Essa possibilidade é real. Aliás, uma das frases mais
conhecidas de Gerd Leonhard confirma que o mundo vai mudar mais nos próximos 20
anos do que nos últimos 300, confirmando que o ritmo das mudanças tecnológicas
está a acelerar. E apresenta como símbolos maiores dessas mudanças a
inteligência artificial e a edição do genoma. Comecemos pelos computadores: “As
máquinas estão realmente a aprender, é aquilo a que se chama aprendizagem
automática. Em dez anos, aproximadamente, as máquinas vão ter capacidades
ilimitadas e vão conseguir fazer tudo o que lhes seja pedido, porque teremos
computação quântica, computação 3D, redes móveis muito rápidas (5G) e a Internet
das Coisas.” Depois temos a edição do genoma humano: “Após sequenciarmos o
genoma de todas as pessoas, teremos aproximadamente cinco milhares de milhões
de genomas, o que significa que poderemos investigar a função de cada gene. Ou
seja, em dez segundos podemos analisar os problemas de cada pessoa e trabalhar
clinicamente para prevenir e curar doenças.”
O culto da eficiência
Este é o lado positivo da evolução tecnológica. O negativo,
para o qual Gerd tem alertado da mesma forma, prende-se com o culto absoluto da
eficiência, que reduz o valor da humanidade.
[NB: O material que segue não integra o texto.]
ghost use Rattle.std.specs.Prelude.{◌≡◌, ◌++◌, true};
ghost use Rattle.bmp_specs.specs.Lines.{further};
ghost use Rattle.ask_specs.specs.FullLine.{full_fields, full_line, further_fields};
ghost use Rattle.reply_text.specs.Own.{bare_text, inner_text, policy_text, rest_text};
ghost use Rattle.wire_io.specs.Writes.{Writes};

use crate::lists::{put_flags, put_number};
use crate::own::{put_inner, put_policy};
use crate::raw::{has_raw_path, put_raw};
use crate::route::put_open_fields;
use path_attrs::{Attrs, Other};
use rib_model::RowKey;
use wire_io::{Failed, Sink, write_all};

// Whether the further fields tell nothing: there are no other attributes, and the text of the path says how it is divided.
fn is_bare(attrs: &Attrs) -> bool
    ensures { result ≡ true → further (further_fields attrs.now) ≡ bare_text }
{
    attrs.others.as_slice().is_empty() && !has_raw_path(&attrs.path)
}

// Writes the further fields one after another, and the end of the line.
fn put_further_parts<O: Sink>(out: &mut O, attrs: &Attrs) -> Result<(), Failed>
    ensures { Writes O.faults O.told O.aside out.old (further (further_fields attrs.now)) result out.new }
{
    put_flags(out, attrs.others.as_slice())?;
    put_own_fields(out, attrs.others.as_slice())?;
    put_rest(out, attrs)
}

// Writes the fields of the attributes that have one.
fn put_own_fields<O: Sink>(out: &mut O, others: &[Other]) -> Result<(), Failed>
    ensures { Writes O.faults O.told O.aside out.old (policy_text others.now ++ inner_text others.now) result out.new }
{
    put_policy(out, others)?;
    put_inner(out, others)
}

// Writes the field of what no other field tells, and the end of the line.
fn put_rest<O: Sink>(out: &mut O, attrs: &Attrs) -> Result<(), Failed>
    ensures { Writes O.faults O.told O.aside out.old (rest_text attrs.now) result out.new }
{
    put_raw(out, attrs)?;
    write_all(out, b"\n")
}

// Writes the fields of all path attributes that a route line doesn't tell, and the end of the line: at once where they
// tell nothing.
pub(crate) fn put_further<O: Sink>(out: &mut O, attrs: &Attrs) -> Result<(), Failed>
    ensures { Writes O.faults O.told O.aside out.old (further (further_fields attrs.now)) result out.new }
{
    if is_bare(attrs) {
        return write_all(
            out,
            b" flags=- large=- ext=- otc=- aigp=- originator=- clusters=- raw=-\n",
        );
    }
    put_further_parts(out, attrs)
}

// Writes the fields of a route from its peer on with all its path attributes, and the end of the line.
fn put_full_fields<O: Sink>(out: &mut O, row: &RowKey, attrs: &Attrs) -> Result<(), Failed>
    ensures { Writes O.faults O.told O.aside out.old (further (full_fields (record { row_key = row.now; route = attrs.now }))) result out.new }
{
    put_open_fields(out, row, attrs)?;
    put_further(out, attrs)
}

/// Writes the line of a route of this lane with all its path attributes: the fields of `put_route` first, and then the
/// flags and the value of each attribute that `other=` tells by its type alone: large communities (RFC 8092), extended
/// communities (RFC 4360), "Only to Customer" (RFC 9234), AIGP (RFC 7311), ORIGINATOR_ID and CLUSTER_LIST (RFC 4456), and
/// any other in hexadecimal. Where a write fails, a front of the line was written.
pub fn put_full_route<O: Sink>(
    out: &mut O,
    lane: u32,
    row: &RowKey,
    attrs: &Attrs,
) -> Result<(), Failed>
    ensures { Writes O.faults O.told O.aside out.old (full_line lane (record { row_key = row.now; route = attrs.now })) result out.new }
{
    put_number(out, b"route ", lane)?;
    put_full_fields(out, row, attrs)
}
E isso manifesta-se em opções que
eliminam o elemento humano da equação a favor da proclamada eficiência, como se
tem visto em algoritmos que visam ser mais transparentes mas que confirmam
preconceitos e que não são capazes de reconhecer traços de humanidade
individuais — casos destes têm-se repetido, por exemplo, no sistema judicial e
em mecanismos de avaliação de concessão de benefícios sociais nos Estados
Unidos, em que o resultado tem sido o regresso aos modelos originais de
intervenção humana. “Eu digo sempre que a eficiência é o oposto da humanidade.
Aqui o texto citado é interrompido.